If citing, please kindly acknowledge copyright © Penelope J. Corfield (2023)
Reflected Images of Classical Rome –
Rome is a matchless city for reflective walkers.1 Ok – best to choose a time of year when the heat is not too intense. And essential not to be in a hurry. But for those who like to stroll, to take in the views, and to reflect upon the workings of time, Rome is matchless.
Superb buildings of all eras are juxtaposed. Some are grand and justly famous. Other beautiful edifices remain relatively unknown, although elsewhere they would be celebrated tourist attractions in their own right. Everywhere there are new vistas to admire; new angles to explore.
Some areas are very crowded – try the zippy evening atmosphere of Trastevere, situated just across the river from the old centre – but there are also high places that offer peaceful panoramas of the cityscape as a whole.
Famously, the city was built upon the ‘seven hills’ of Rome, clustered together in a big bend of the River Tiber. In reality, however, there are more than seven vantage points, as other hills form an irregular wider ring around the centre. My personal favourite is the Gianicolo Hill (the Roman Janiculum). It is situated behind Trastevere, to the west of the old centre. It is not too crowded with visitors. And the views from the top are stunning – try checking the scene from the hilltop piazza with a huge bronze equestrian statue of Giuseppe Garibaldi.
Monuments in Rome are both secular and religious, offering reminders of its past role as an imperial capital – and its continuing role as the headquarters of an international faith, Indeed, the Vatican City was granted jurisdictional autonomy in 1870, when the previous Paper Sates were absorbed into the newly united Kingdom of Italy. Walkers through the Roman streets are thus reminded everywhere of the power that spiritual beliefs can generate.

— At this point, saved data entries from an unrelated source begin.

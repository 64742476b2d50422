//! What all ranges of a server share.
use block_types::Nodes;
use wire::ServerNo;

/// A server, as each of its ranges sees it.
#[derive(Clone, Copy)]
pub struct ServerContext {
    pub server: ServerNo,
    /// Which start of the server this is. No two have one number.
    pub session: u64,
    /// The moment that it was told last, in ticks.
    pub moment: u64,
    /// The nodes that new extents are made on, the primary first.
    pub pick: Nodes,
    /// How many transactions a group may hold, 1 to 1,024.
    pub batch: u16,
    /// The number of its next request.
    pub count: u64,
}
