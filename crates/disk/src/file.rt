//! A file of records: four letters, and then each record after a gate. A gate of 1 is open. Any other byte is
//! closed, and there the file ends for its reader (docs/FORMATS.md).
ghost use Rattle.std.specs.Prelude.{◌≡◌, ◌≢◌, ◌<◌, ◌≤◌, [], List, IsErrOf, IfOk, IfErr, MatchResult, None, Some, false, true, option_map};
ghost use Rattle.std.specs.List.{AllByRecursion};
ghost use Rattle.blocks.specs.Record.{Fits};
ghost use Rattle.disk.specs.Appends.{Appends};
ghost use Rattle.disk.specs.Disk.{LeavesOnly, IsUntouched, IsSteady, Only};
ghost use Rattle.disk.specs.Memory.{memory_state};
ghost use Rattle.disk.specs.File.{IsFileOf, IsBeforeOrAfter, IsNoneOrAll, HasNoRecord};

use crate::device::{Disk, DiskFault};
use crate::fault::FileFault;
use crate::memory::{MemDisk, Stop};
use crate::opening::find;
use crate::scan::read_file;
use crate::text::{kept, spelled};
use crate::writing::{put_woven, write_file, write_header};
use block_types::{BlockFault, Record, Version};
use blocks::Woven;
use std::alloc::{AllocError, Global};
use std::marker::Model;

/// The version that a new file has.
const NEW_VERSION: Version = Version::V2;

/// A list of records on a disk, to which records are added one by one. In a clause its value shows the disk, the
/// version, the records and whether it is stopped; in memory it holds none of the records, but the buffers that the last
/// one was spelled in. An append makes four device
/// calls: it writes the record after the last gate, which is still closed, and a closed gate after that; syncs; opens
/// the gate; and syncs. After Calder et al., SOSP 2011, section 4.
pub struct RecordFile<D: Disk> {
    disk: D,
    version: Version,
    // the place of the gate after the last record
    end: usize,
    // a device call of an append has failed, so that the gate may be open or closed
    stopped: bool,
    // what the last record was spelled in, to be used again
    text: Option<Woven>,
}

// Written out, so that a crate above that lets one go has no proof of what is in it.
impl<D: Disk + Drop> Drop for RecordFile<D> {
    fn drop(self) {
        let RecordFile {
            disk: _,
            version: _,
            end: _,
            stopped: _,
            text: _,
        } = self;
    }
}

And, to underline the point, Rome is awash with churches. My personal favourite is the Santa Maria d’Aracoeli. It is one of the oldest Christian churches in the city – and it was pointedly sited on top of the Capitoline Hill, at the physical heart of the Roman Empire. Moreover, the Romanesque edifice features columns that were scavenged from nearby imperial ruins. It was here in 1764, whilst listening to monks chanting in this church, and simultaneously gazing at the surrounding ruins of the once-mighty imperial capital, that the English historian Edward Gibbon first conceived his plan of writing an in-depth analysis of The Decline and Fall of the Roman Empire (1776).2
Yet the twists and turns of fortune remain unending. Between 1885 and 1935, successive Italian governments supported a further massive new construction adjacent to the same Capitoline Hill. It is named the Monument to Victor Emmanuel II (the first king of united Italy) – also known as the Vittoriano – and sometimes – irreverently – as the ‘wedding cake’. This eye-catching edifice, with its grand flights of stairs, colonnades, and statues, dominates the site and skyline as a secular neo-classical tribute to celebrate Italian Unification. The king himself is not buried here. Instead, the building contains the tomb of Italy’s ‘unknown soldier’.

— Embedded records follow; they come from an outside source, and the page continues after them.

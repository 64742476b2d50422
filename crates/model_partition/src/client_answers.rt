//! What a stream's client makes of an answer.
ghost use Rattle.std.specs.Prelude.{◌≡◌, true, IfOk, OnErr};
ghost use Rattle.client.specs.Client.{content_of, content_told, needs_memory, reply_rule};
ghost use Rattle.model_partition.specs.Range.{picking, request};

use crate::requests::next_request;
use crate::server_context::ServerContext;
use client::{Reaction, StreamClient};
use std::alloc::{AllocError, Global};
use wire::Packet;

/// What a stream's client makes of an answer; a new extent is asked for at the context's nodes from now on. Where memory
/// runs out (22) nothing has changed.
pub fn take_answer(
    client: &mut StreamClient,
    alloc: Global,
    context: &ServerContext,
    packet: &Packet,
) -> Result<Reaction, AllocError>
    ensures ok { IfOk result (λ x. reply_rule (picking context.now client.old) (request context.now) packet.now.body ≡ record { after = client.new; packet = x.packet; news = x.news }) }
    ensures content { IfOk result (λ x. content_told x.news ≡ content_of client.old.job packet.now.body) }
    ensures err { OnErr result (client.new ≡ client.old) }
    ensures needed { OnErr result (needs_memory packet.now.body ≡ true) }
{
    let pick = client.pick;
    client.pick = context.pick;
    match client.on_reply(alloc, &next_request(context), packet) {
        Ok(reaction) => Ok(reaction),
        Err(full) => {
            client.pick = pick;
            Err(full)
        }
    }
}
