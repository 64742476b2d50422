//! Numbers of requests.
ghost use Rattle.std.specs.Prelude.{◌≡◌};
ghost use Rattle.model_partition.specs.Range.{request};

use crate::server_context::ServerContext;
use wire::ReqNo;

/// The number of a server's next request, which its count stands for.
pub fn next_request(context: &ServerContext) -> ReqNo
    ensures { result ≡ request context.now }
{
    ReqNo::Server {
        server: context.server,
        session: context.session,
        count: context.count,
    }
}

But what has happened to the old church? It is still there but not easily visible. It’s set back, tucked up and behind the west flank of the Vittoriano. Walkers have to go round the Vittoriano to find a long flight of steps and then climb up to visit the unadvertised church in its historic glory. So historians can now ponder the fluctuating fortunes of townscapes and monuments, as well as those of empires, kingdoms, and religions.
Lastly, walkers in Rome must keep their eyes open. The pavements are irregular and often narrow. They may give way to uneven steps. Stone pathways can be slippery. Tourist crowds can jostle. Traffic is unpredictable. Yet everywhere there are fountains by which to linger – and bars selling fine Italian ice-cream. My favourite place for an evening drink is the Piazza Navona. Its Baroque splendour is superimposed upon the unchanged layout of the sporting stadium built for the Roman Emperor Domitian. Another great monument to time and change! ‘Eternal’ Rome survives by constant updating: not to stay the same; nor to shed the past; but to stay both historic and alive.

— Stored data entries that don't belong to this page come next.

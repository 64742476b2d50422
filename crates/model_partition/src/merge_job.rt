//! A merge that is under way.
use client::StreamClient;
use wire::{Fence, RangeId, ReqNo, StreamKind};

/// Which of the two ranges that are merged: that of the lower keys, or that of the higher ones.
#[derive(Clone, Copy, PartialEq, Eq)]
pub enum MergeSide {
    Left,
    Right,
}

/// What the metadata of the new range is to say: its keys first, and then its indexes and the regions of its log.
#[derive(Clone, Copy, PartialEq, Eq)]
pub enum MergeRecord {
    Keys,
    Regions,
}

/// What a merge waits for. It goes through its phases in this order, through the checkpoint of the left range before that of the
/// right one.
pub enum MergePhase {
    /// The map is asked for the number of the new range.
    Begin {
        request: ReqNo,
    },
    /// One of the two makes a checkpoint.
    Checkpoint {
        side: MergeSide,
    },
    /// The transactions that wait are appended, and no others are taken. Each of the two is paused as soon as none waits there.
    Queue,
    /// The last extent of this stream of one of the two is to be sealed. From here on both are paused.
    Seal {
        side: MergeSide,
        kind: StreamKind,
        request: ReqNo,
    },
    /// The log, the row data and the blob data of the new range are to be built from those of the two.
    Build {
        request: ReqNo,
    },
    /// The metadata of the new range is to be made, with nothing in it.
    Create {
        request: ReqNo,
    },
    /// A record is being appended to it.
    Write {
        record: MergeRecord,
        metadata: StreamClient,
    },
    /// The map is asked to put the new range in the place of the two.
    Complete {
        request: ReqNo,
    },
}

// Written out, so that a crate above that lets one go has no proof of what is in it.
impl Drop for MergePhase {
    fn drop(self) {
        match self {
            MergePhase::Begin { request: _ } => {}
            MergePhase::Checkpoint { side: _ } => {}
            MergePhase::Queue => {}
            MergePhase::Seal {
                side: _,
                kind: _,
                request: _,
            } => {}
            MergePhase::Build { request: _ } => {}
            MergePhase::Create { request: _ } => {}
            MergePhase::Write {
                record: _,
                metadata: _,
            } => {}
            MergePhase::Complete { request: _ } => {}
        }
    }
}

/// A merge of two ranges, each under a generation, into a new one, whose number the map tells (0 before), and what it waits for.
pub struct MergeJob {
    pub left: RangeId,
    pub left_generation: Fence,
    pub right: RangeId,
    pub right_generation: Fence,
    pub into: RangeId,
    pub phase: MergePhase,
}

// Written out, so that a crate above that lets one go has no proof of what is in it.
impl Drop for MergeJob {
    fn drop(self) {
        let MergeJob {
            left: _,
            left_generation: _,
            right: _,
            right_generation: _,
            into: _,
            phase: _,
        } = self;
    }
}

1 See the classic account by Stendhal (1783-1842), Promenades dans Rome (Paris, 1829), available in English as A Roman Journal, ed. and transl. by H. Chevalier (London, 1959). And for a contemporary guide, see J. Fort and R. Piercey, Rome Walks (London, 2011).
2 For E. Gibbon (1737-94), author of The History of the Decline and Fall of the Roman Empire, 6 volumes (1776-88), see C. Roberts, Edward Gibbon and the Shape of History (Oxford, 2014); plus K. O’Brien and B. Young (eds), The Cambridge Companion to Edward Gibbon (Cambridge, 2018).